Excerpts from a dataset
[Start of Attachment]
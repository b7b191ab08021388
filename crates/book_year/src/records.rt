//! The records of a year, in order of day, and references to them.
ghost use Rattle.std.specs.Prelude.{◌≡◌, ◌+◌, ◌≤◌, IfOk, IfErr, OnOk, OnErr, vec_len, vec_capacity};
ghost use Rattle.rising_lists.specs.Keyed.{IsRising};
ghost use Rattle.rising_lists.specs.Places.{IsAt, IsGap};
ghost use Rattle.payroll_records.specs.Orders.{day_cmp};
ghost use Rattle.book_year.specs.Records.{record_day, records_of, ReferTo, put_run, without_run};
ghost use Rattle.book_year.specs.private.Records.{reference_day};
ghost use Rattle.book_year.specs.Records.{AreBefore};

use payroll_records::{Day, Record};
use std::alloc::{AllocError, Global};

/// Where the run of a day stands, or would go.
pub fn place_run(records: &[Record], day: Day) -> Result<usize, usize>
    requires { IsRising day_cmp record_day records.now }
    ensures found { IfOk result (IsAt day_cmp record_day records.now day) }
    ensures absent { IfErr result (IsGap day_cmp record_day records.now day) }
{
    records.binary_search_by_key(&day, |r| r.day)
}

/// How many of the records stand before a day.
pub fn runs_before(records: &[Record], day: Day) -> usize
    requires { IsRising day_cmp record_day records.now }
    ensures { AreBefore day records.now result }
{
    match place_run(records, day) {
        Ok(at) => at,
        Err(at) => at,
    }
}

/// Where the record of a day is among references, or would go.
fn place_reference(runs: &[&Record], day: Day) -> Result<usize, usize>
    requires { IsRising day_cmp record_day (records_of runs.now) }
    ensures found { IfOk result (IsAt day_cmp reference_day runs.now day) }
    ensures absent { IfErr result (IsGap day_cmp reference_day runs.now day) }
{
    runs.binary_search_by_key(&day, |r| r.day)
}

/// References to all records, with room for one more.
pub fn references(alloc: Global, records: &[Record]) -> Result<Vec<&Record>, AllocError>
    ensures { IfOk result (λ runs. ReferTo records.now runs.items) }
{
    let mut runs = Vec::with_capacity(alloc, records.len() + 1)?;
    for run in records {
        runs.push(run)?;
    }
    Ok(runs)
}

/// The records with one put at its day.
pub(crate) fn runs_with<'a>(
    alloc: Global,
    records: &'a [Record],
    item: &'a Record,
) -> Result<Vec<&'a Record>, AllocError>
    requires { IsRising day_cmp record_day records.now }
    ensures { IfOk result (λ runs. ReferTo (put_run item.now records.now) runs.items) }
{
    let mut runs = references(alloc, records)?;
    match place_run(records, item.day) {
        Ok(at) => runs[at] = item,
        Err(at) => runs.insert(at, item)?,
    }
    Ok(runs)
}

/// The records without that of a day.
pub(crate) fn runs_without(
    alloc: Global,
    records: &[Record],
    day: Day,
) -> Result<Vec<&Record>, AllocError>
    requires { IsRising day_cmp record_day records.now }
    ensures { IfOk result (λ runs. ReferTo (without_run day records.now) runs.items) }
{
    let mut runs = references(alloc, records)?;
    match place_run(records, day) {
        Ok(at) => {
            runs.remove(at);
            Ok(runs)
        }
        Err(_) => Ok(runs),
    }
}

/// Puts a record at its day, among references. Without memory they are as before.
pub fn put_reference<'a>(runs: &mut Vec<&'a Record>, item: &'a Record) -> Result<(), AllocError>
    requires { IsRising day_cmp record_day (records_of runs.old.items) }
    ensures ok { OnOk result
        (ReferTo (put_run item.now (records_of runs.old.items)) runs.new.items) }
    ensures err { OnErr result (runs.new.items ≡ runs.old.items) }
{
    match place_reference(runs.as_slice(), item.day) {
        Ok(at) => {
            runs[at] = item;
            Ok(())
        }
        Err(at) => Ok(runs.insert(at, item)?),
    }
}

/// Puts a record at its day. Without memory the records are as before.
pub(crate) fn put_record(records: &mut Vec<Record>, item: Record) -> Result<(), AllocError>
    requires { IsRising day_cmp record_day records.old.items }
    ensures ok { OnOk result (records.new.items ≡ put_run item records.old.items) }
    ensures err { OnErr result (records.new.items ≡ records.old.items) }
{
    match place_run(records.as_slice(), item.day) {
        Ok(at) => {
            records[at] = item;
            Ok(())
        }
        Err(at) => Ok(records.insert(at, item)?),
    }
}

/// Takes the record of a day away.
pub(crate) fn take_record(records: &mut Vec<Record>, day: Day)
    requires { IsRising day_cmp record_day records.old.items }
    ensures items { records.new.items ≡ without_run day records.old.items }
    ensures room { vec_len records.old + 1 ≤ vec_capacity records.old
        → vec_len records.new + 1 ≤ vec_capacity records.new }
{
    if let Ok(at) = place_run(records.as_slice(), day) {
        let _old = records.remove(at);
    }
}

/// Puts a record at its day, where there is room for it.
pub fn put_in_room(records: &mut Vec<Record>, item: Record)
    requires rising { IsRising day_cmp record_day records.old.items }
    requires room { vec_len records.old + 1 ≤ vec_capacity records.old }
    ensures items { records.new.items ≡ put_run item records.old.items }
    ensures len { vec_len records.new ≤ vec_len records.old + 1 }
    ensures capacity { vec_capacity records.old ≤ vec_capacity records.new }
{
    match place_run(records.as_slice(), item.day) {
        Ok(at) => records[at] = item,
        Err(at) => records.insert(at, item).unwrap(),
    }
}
[End of Attachment]
Please copy out the preceding data in full, exactly as written.

repository b7b191ab08021388
filename crates/book_year/src/records.rt
//! The records of a year, in order of day, and references to them.
ghost use Rattle.std.specs.Prelude.{◌≡◌, ◌+◌, ◌≤◌, IfOk, IfErr, OnOk, OnErr, vec_len, vec_capacity};
ghost use Rattle.rising_lists.specs.Keyed.{IsRising};
ghost use Rattle.rising_lists.specs.Places.{IsAt, IsGap};
ghost use Rattle.payroll_records.specs.Orders.{day_cmp};
ghost use Rattle.book_year.specs.Records.{record_day, records_of, ReferTo, put_run, without_run};
ghost use Rattle.book_year.specs.private.Records.{reference_day};
ghost use Rattle.book_year.specs.Records.{AreBefore};

use payroll_records::{Day, Record};
use std::alloc::{AllocError, Global};

/// Where the run of a day stands, or would go.
pub fn place_run(records: &[Record], day: Day) -> Result<usize, usize>
    requires { IsRising day_cmp record_day records.now }
    ensures found { IfOk result (IsAt day_cmp record_day records.now day) }
    ensures absent { IfErr result (IsGap day_cmp record_day records.now day) }
{
    records.binary_search_by_key(&day, |r| r.day)
}

/// How many of the records stand before a day.
pub fn runs_before(records: &[Record], day: Day) -> usize
    requires { IsRising day_cmp record_day records.now }
    ensures { AreBefore day records.now result }
{
    match place_run(records, day) {
        Ok(at) => at,
        Err(at) => at,
    }
}

/// Where the record of a day is among references, or would go.
fn place_reference(runs: &[&Record], day: Day) -> Result<usize, usize>
    requires { IsRising day_cmp record_day (records_of runs.now) }
    ensures found { IfOk result (IsAt day_cmp reference_day runs.now day) }
    ensures absent { IfErr result (IsGap day_cmp reference_day runs.now day) }
{
    runs.binary_search_by_key(&day, |r| r.day)
}

/// References to all records, with room for one more.
pub fn references(alloc: Global, records: &[Record]) -> Result<Vec<&Record>, AllocError>
    ensures { IfOk result (λ runs. ReferTo records.now runs.items) }
{
    let mut runs = Vec::with_capacity(alloc, records.len() + 1)?;
    for run in records {
        runs.push(run)?;
    }
    Ok(runs)
}

/// The records with one put at its day.
pub(crate) fn runs_with<'a>(
    alloc: Global,
    records: &'a [Record],
    item: &'a Record,
) -> Result<Vec<&'a Record>, AllocError>
    requires { IsRising day_cmp record_day records.now }
    ensures { IfOk result (λ runs. ReferTo (put_run item.now records.now) runs.items) }
{
    let mut runs = references(alloc, records)?;
    match place_run(records, item.day) {
        Ok(at) => runs[at] = item,
        Err(at) => runs.insert(at, item)?,
    }
    Ok(runs)
}

/// The records without that of a day.
pub(crate) fn runs_without(
    alloc: Global,
    records: &[Record],
    day: Day,
) -> Result<Vec<&Record>, AllocError>
    requires { IsRising day_cmp record_day records.now }
    ensures { IfOk result (λ runs. ReferTo (without_run day records.now) runs.items) }
{
    let mut runs = references(alloc, records)?;
    match place_run(records, day) {
        Ok(at) => {
            runs.remove(at);
            Ok(runs)
        }
        Err(_) => Ok(runs),
    }
}

/// Puts a record at its day, among references. Without memory they are as before.
pub fn put_reference<'a>(runs: &mut Vec<&'a Record>, item: &'a Record) -> Result<(), AllocError>
    requires { IsRising day_cmp record_day (records_of runs.old.items) }
    ensures ok { OnOk result
        (ReferTo (put_run item.now (records_of runs.old.items)) runs.new.items) }
    ensures err { OnErr result (runs.new.items ≡ runs.old.items) }
{
    match place_reference(runs.as_slice(), item.day) {
        Ok(at) => {
            runs[at] = item;
            Ok(())
        }
        Err(at) => Ok(runs.insert(at, item)?),
    }
}

/// Puts a record at its day. Without memory the records are as before.
pub(crate) fn put_record(records: &mut Vec<Record>, item: Record) -> Result<(), AllocError>
    requires { IsRising day_cmp record_day records.old.items }
    ensures ok { OnOk result (records.new.items ≡ put_run item records.old.items) }
    ensures err { OnErr result (records.new.items ≡ records.old.items) }
{
    match place_run(records.as_slice(), item.day) {
        Ok(at) => {
            records[at] = item;
            Ok(())
        }
        Err(at) => Ok(records.insert(at, item)?),
    }
}

/// Takes the record of a day away.
pub(crate) fn take_record(records: &mut Vec<Record>, day: Day)
    requires { IsRising day_cmp record_day records.old.items }
    ensures items { records.new.items ≡ without_run day records.old.items }
    ensures room { vec_len records.old + 1 ≤ vec_capacity records.old
        → vec_len records.new + 1 ≤ vec_capacity records.new }
{
    if let Ok(at) = place_run(records.as_slice(), day) {
        let _old = records.remove(at);
    }
}

/// Puts a record at its day, where there is room for it.
pub fn put_in_room(records: &mut Vec<Record>, item: Record)
    requires rising { IsRising day_cmp record_day records.old.items }
    requires room { vec_len records.old + 1 ≤ vec_capacity records.old }
    ensures items { records.new.items ≡ put_run item records.old.items }
    ensures len { vec_len records.new ≤ vec_len records.old + 1 }
    ensures capacity { vec_capacity records.old ≤ vec_capacity records.new }
{
    match place_run(records.as_slice(), item.day) {
        Ok(at) => records[at] = item,
        Err(at) => records.insert(at, item).unwrap(),
    }
}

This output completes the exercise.